My work and expertise involves science and environmental education with educators, both pre-service and in-service teachers, and with K-16 students. My work focuses on the development of science skills and knowledge and environmental literacy that can impact the development of citizenship skills to make educated and informed decisions and awareness to help groups and individual acquire an awareness and sensitivity to the total environment and its allied problems.

Jeffery L. Yarger

Professor

School of Molecular Sciences

Jeffery L. Yarger is a professor of chemistry, biochemistry and physics at Arizona State University. He holds a joint appointment in the School of Molecular Sciences and the Department of Physics. He is also the founding and current director of the Magnetic Resonance Research Center (MRRC). His primary research interests are in biophysical chemistry, nano-materials, biopolymers and the general field of disordered or amorphous materials.
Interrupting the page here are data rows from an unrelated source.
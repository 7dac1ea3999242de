//! Reading all that is left.

ghost use Rattle.std.specs.Prelude.{◌≡◌, IfErr, IfOk, IfSome, OnOk};
ghost use Rattle.std.specs.Io.KnownBytes.{Consumes, IsAtEnd};
ghost use Rattle.pgtool_line.specs.Interruptions.{ReadFails};
ghost use Rattle.pgtool_line.specs.Run.{Caused};

use crate::ports::Input;
use pgp_base::Memory;
use pgtool_line::fault::Fault;
use std::io::ErrorKind;

/// Reads all that is left.
///
/// # Errors
///
/// Returns `Memory` if an allocation fails, and `Read` if reading fails.
pub fn read_rest<A: Memory, R: Input>(alloc: A, input: &mut R) -> Result<Vec<u8, A>, Fault>
    ensures rest { IfOk result (λ bytes. IfSome (R.remaining input.old) (λ rest. bytes.items ≡ rest)) }
    ensures consumes { IfOk result (λ bytes. Consumes (R.remaining input.old) (R.remaining input.new) bytes.items) }
    ensures end { OnOk result (IsAtEnd (R.remaining input.new)) }
    ensures cause { IfErr result (Caused A.Lacks (ReadFails R.Fails) ⊥) }
{
    let mut bytes = Vec::new(alloc);
    match input.read_rest(&mut bytes) {
        Ok(_) => Ok(bytes),
        Err(e) => match e.kind() {
            ErrorKind::OutOfMemory => Err(Fault::Memory),
            _ => Err(Fault::Read),
        },
    }
}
His current research interests includes (i) fundamental structural and dynamical characterization of amorphous materials with an emphasis on biopolymer (i.e., spider silk), amorphous pharmaceuticals and polyamorphic systems; (ii) Development of Nuclear Magnetic Resonance (NMR), X-Ray Diffraction (XRD), Neutron Scattering, Brillouin Scattering, Vibrational Spectroscopy and Calorimetric techniques to better characterize amorphous materials; (iii) Synthesis and molecular level characterization of nano-materials and nano-composites; (iv) The applications of amorphous materials and molecular level characterization techniques to biomedical instruments and human health; and (v) Materials under extreme conditions. Prior to coming to ASU, he was with the University of Wyoming as an assistant professor of chemistry with an adjunct appointment at Colorado State University as an assistant professor of physics (1998). He also joined Argonne National Laboratory (ANL) as a visiting scientist, a position he still holds with collaborations, personnel and labs being maintained at ANL. In 2001, he was promoted to associate professor and senior scientist status at the University of Wyoming and Argonne National Laboratories, respectively. He also worked for DuPont-Merck, prior to completion of his doctorate.